Lost, all is lost, I keep thinking. Still, life goes on, and yet…

Translators have given Du Fu’s poem the name Taking Leave of Friends on my Way to Huazhou. Du Fu simply called it, 華 州 or Hua Zhou, the city in Shaanxi Province where Du Fu had taken a short-lived post as Commissioner of Education.

Lost, all is lost.

What is lost in the translation is the complexity and beauty of the rhyming pattern and the several allusions that make this poem mysterious and inviting.

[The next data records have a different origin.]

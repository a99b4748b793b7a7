//! Laws of the formula grammar without the condition that each form reaches as far as it can. The calls do nothing.
#![tactic(auto)]

ghost use Rattle.std.specs.Prelude.{List, Option, ℕ, Bool, true, false};
ghost use Rattle.formula_core.specs.declared.raw.Raw.{Raw};
ghost use Rattle.math_grammar.specs.declared.holes.Hole.{Hole};
ghost use Rattle.math_grammar.specs.declared.holes.Hole.TheVariants as hole;
ghost use Rattle.math_grammar.specs.Tokens.{Item};
ghost use Rattle.math_grammar.specs.Grammar.{Spells};
ghost use Rattle.plain_grammar.specs.Plain.{Accepts};
ghost use Rattle.plain_grammar.specs.OpenType.{open_type};

/// Without the condition, but for a type before ↦ in a pattern of λ, the grammar accepts the same token lists, at any limit
/// of parts of a partition.
pub fn same_sentences()
    ensures spelled { (limit : Option ℕ) (everywhere : Bool) (h : Hole) (s : List Item) (t : Raw)
        → Spells limit h s t → Accepts limit everywhere h s }
    ensures accepted { (limit : Option ℕ) (h : Hole) (s : List Item)
        → Accepts limit false h s → (t : Raw) × Spells limit h s t }
{}

/// Without it there too the grammar accepts more.
pub fn types_before_maplet_need_the_condition()
    ensures accepted { (limit : Option ℕ) → Accepts limit true hole.Expression open_type }
    ensures refused { (limit : Option ℕ) (t : Raw) → Spells limit hole.Expression open_type t → ⊥ }
{}
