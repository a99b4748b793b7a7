//! The reader of actions: it reads token by token.

ghost use Rattle.std.specs.Prelude.{◌≡◌, ◌∷◌, ◌++◌, [], None, Some, IfOk};
ghost use Rattle.math_action.specs.PrivateMachine.{begin_target, if_first, after_target, comma_taken, after_argument, formula, action_step, whole_action, action_ended};
ghost use Rattle.math_action.specs.declared.stages.Stage.TheVariants as stage;
ghost use Rattle.math_action.specs.PrivateView.{action_state, ActionSteps, CompletesAction};
ghost use Rattle.math_grammar.specs.Grammar.{item};
ghost use Rattle.formula_parse.specs.Machine.{want};

use crate::stages::{Head, Stage};
use formula_core::{List, Raw, RawAction, Ref};
use formula_parse::{Phase, StepFault, end, is_ready, read_name};
use math_grammar::{Bracket, Symbol};
use std::alloc::{AllocError, Global};

/// A list with one more at its end.
fn with<T: Drop>(items: List<T>, item: T) -> Result<List<T>, AllocError>
    ensures { IfOk result (λ all. all ≡ items ++ item ∷ []) }
{
    let mut items = items.into_vec();
    items.push(item)?;
    Ok(List::of(items))
}

/// A formula is wanted.
fn begin(alloc: Global, head: Head) -> Stage
    ensures { action_state result ≡ formula head (want []) }
{
    Stage::Formula(head, Phase::Want(Vec::new(alloc)))
}

fn begin_target(
    alloc: Global,
    before: List<Ref>,
    from: u32,
    word: &[u8],
    symbol: Symbol,
) -> Result<Stage, StepFault>
    ensures { ActionSteps result (begin_target before from word.now symbol) }
{
    match symbol {
        Symbol::Word => match read_name(alloc, word)? {
            Some(name) => Ok(Stage::Named(before, Ref { name, place: from })),
            None => Err(StepFault::Refused),
        },
        _ => Err(StepFault::Refused),
    }
}

/// What may stand behind one target alone.
fn if_first(alloc: Global, before: List<Ref>, head: Head) -> Result<Stage, StepFault>
    ensures { ActionSteps result (if_first before (formula head (want []))) }
{
    if before.items().is_empty() {
        Ok(begin(alloc, head))
    } else {
        Err(StepFault::Refused)
    }
}

/// A sign behind a target.
fn after_target(
    alloc: Global,
    before: List<Ref>,
    name: Ref,
    symbol: Symbol,
) -> Result<Stage, StepFault>
    ensures { ActionSteps result (after_target before name symbol) }
{
    match symbol {
        Symbol::Comma => Ok(Stage::Target(with(before, name)?)),
        Symbol::Becomes => {
            let targets = with(before, name)?;
            Ok(begin(alloc, Head::Assign(targets, List::of(Vec::new(alloc)))))
        }
        Symbol::BecomesSuch => {
            let targets = with(before, name)?;
            Ok(begin(alloc, Head::ChooseSuch(targets)))
        }
        Symbol::BecomesIn => if_first(alloc, before, Head::ChooseIn(name)),
        Symbol::Open(Bracket::Round) => if_first(alloc, before, Head::Argument(name)),
        _ => Err(StepFault::Refused),
    }
}

/// A formula with the sign that ends it.
fn separated(alloc: Global, head: Head, formula: Raw) -> Result<Stage, StepFault>
    ensures { ActionSteps result (comma_taken head formula) }
{
    match head {
        Head::Assign(targets, before) => {
            let values = with(before, formula)?;
            if values.items().len() < targets.items().len() {
                Ok(begin(alloc, Head::Assign(targets, values)))
            } else {
                Err(StepFault::Refused)
            }
        }
        Head::Argument(name) => Ok(Stage::Applied(name, formula)),
        _ => Err(StepFault::Refused),
    }
}

/// A token of a formula, or the sign that ends it.
fn formula_step(
    alloc: Global,
    head: Head,
    phase: Phase,
    symbol: Symbol,
    from: u32,
    word: &[u8],
) -> Result<Stage, StepFault>
    ensures { ActionSteps result
        (action_step None (action_state (stage.Formula head phase)) (item symbol from word.now)) }
{
    let goal = head.goal();
    if head.ends_at(symbol) && is_ready(&phase) {
        let formula = end(alloc, goal, phase)?;
        separated(alloc, head, formula)
    } else {
        let phase = formula_parse::step(alloc, goal, phase, symbol, from, word)?;
        Ok(Stage::Formula(head, phase))
    }
}

/// ≔ behind a name with its argument.
fn after_argument(
    alloc: Global,
    name: Ref,
    argument: Raw,
    symbol: Symbol,
) -> Result<Stage, StepFault>
    ensures { ActionSteps result (after_argument name argument symbol) }
{
    match symbol {
        Symbol::Becomes => Ok(begin(alloc, Head::Apply(name, argument))),
        _ => Err(StepFault::Refused),
    }
}

/// The next token, by its class, its first byte and its bytes.
pub fn step(
    alloc: Global,
    stage: Stage,
    symbol: Symbol,
    from: u32,
    word: &[u8],
) -> Result<Stage, StepFault>
    ensures { ActionSteps result (action_step None (action_state stage) (item symbol from word.now)) }
{
    match stage {
        Stage::Target(before) => begin_target(alloc, before, from, word, symbol),
        Stage::Named(before, name) => after_target(alloc, before, name, symbol),
        Stage::Formula(head, phase) => formula_step(alloc, head, phase, symbol, from, word),
        Stage::Applied(name, argument) => after_argument(alloc, name, argument, symbol),
    }
}

/// The action with its last formula.
fn whole(head: Head, formula: Raw) -> Result<RawAction, StepFault>
    ensures { CompletesAction result (whole_action head formula) }
{
    match head {
        Head::Assign(targets, before) => {
            let values = with(before, formula)?;
            if targets.items().len() == values.items().len() {
                Ok(RawAction::Assign(targets, values))
            } else {
                Err(StepFault::Refused)
            }
        }
        Head::Argument(_) => Err(StepFault::Refused),
        Head::Apply(name, argument) => Ok(RawAction::Apply(name, argument, formula)),
        Head::ChooseIn(name) => Ok(RawAction::ChooseIn(name, formula)),
        Head::ChooseSuch(targets) => Ok(RawAction::ChooseSuch(targets, formula)),
    }
}

/// The action at the end of the tokens.
pub fn end_action(alloc: Global, stage: Stage) -> Result<RawAction, StepFault>
    ensures { CompletesAction result (action_ended (action_state stage)) }
{
    match stage {
        Stage::Formula(head, phase) => {
            let formula = end(alloc, head.goal(), phase)?;
            whole(head, formula)
        }
        _ => Err(StepFault::Refused),
    }
}
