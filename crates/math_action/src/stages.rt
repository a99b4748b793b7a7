//! What is read of an action.

ghost use Rattle.std.specs.Prelude.{◌≡◌};
ghost use Rattle.math_action.specs.PrivateMachine.{hole_after, ends_at};

use formula_core::{List, Raw, Ref};
use formula_parse::Phase;
use math_grammar::{Bracket, Hole, Symbol};

/// What stands before a formula.
#[derive(Drop)]
pub enum Head {
    /// Targets and ≔, and the expressions before this one.
    Assign(List<Ref>, List<Raw>),
    /// A name and the parenthesis behind it.
    Argument(Ref),
    /// A name with its argument, and ≔.
    Apply(Ref, Raw),
    ChooseIn(Ref),
    ChooseSuch(List<Ref>),
}

/// How far an action is read.
#[derive(Drop)]
pub enum Stage {
    /// A target is wanted behind those before.
    Target(List<Ref>),
    /// A target is held.
    Named(List<Ref>, Ref),
    /// A formula is read.
    Formula(Head, Phase),
    /// ≔ is wanted behind a name with its argument.
    Applied(Ref, Raw),
}

impl Head {
    /// What the formula behind it is.
    pub fn goal(&self) -> Hole
        ensures { result ≡ hole_after self.now }
    {
        match self {
            Head::ChooseSuch(_) => Hole::Predicate,
            _ => Hole::Expression,
        }
    }

    /// Whether the sign may end the formula behind it.
    pub fn ends_at(&self, symbol: Symbol) -> bool
        ensures { result ≡ ends_at self.now symbol }
    {
        match (self, symbol) {
            (Head::Assign(_, _), Symbol::Comma) => true,
            (Head::Argument(_), Symbol::Close(Bracket::Round)) => true,
            _ => false,
        }
    }
}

The overall rhyme is aaaabaca. There is also a significant amount of internal rhyme that adds to the musicality of the words and emotions. For instance, in the first three lines we have these characters:

line one: 昔, xi, meaning past or former times.
line two: 西, xī, meaning West, referring to western regions
line three: 至, zhi, a verb, meaning to arrive

Now, relate these three sounds back to the poem’s title 華 州, Hua Zhou, and the poet’s name Du Fu.

Repetition, the key to meditation in Tao philosophy, and the very soul of poetry.

Alas, it is lost, lost in translation.

 

華 州

此 道 昔 歸 順
西 郊 胡 正 繁
至 今 殘 破 膽
應 有 未 招 魂
近 得 歸 京 邑
移 官 豈 至 尊
無 才 日 衰 老
駐 馬 望 千 門

Huazhou

That was the way I chose to flee
At the west of the city, a fool in the crowd
To this day, the memory of panic makes me sick
Should my soul not return
Now, the court has come back, the city is full
But the emperor sends me away again
Old and useless, my day is done, alas
For one last look at the thousand gates

Chang’an, the capital of the Tang Dynasty, was called the city of a million people and a thousand gates.

Du Fu’s official posting came late in life, from 758 to 759. This was in the midst of the An Lushan Rebellion. The rebels approached the capital from the west and the government fled. In 756, the capital fell, and panic, famine, and destruction followed. The success of the government forces against the rebels allowed a return, but Du Fu’s advice to the emperor was short-lived and in 758, Du Fu was made Commissioner of Education in Huazhou, a demotion which he resented. Soon, he moved on to Qinzhou, where he wrote approximately 60 poems, likely including this one. This stay was also short, six weeks.

There is an accompanying note to Du Fu’s poem:

In the second year of Zhide, I escaped from the capital through the Gate of Golden Light and went to Fengxiang. In the first year of Qianyuan, I was appointed as official to Huazhou from my former post of Censor. Friends and relatives gathered and saw me leave by the same gate. And I wrote this poem.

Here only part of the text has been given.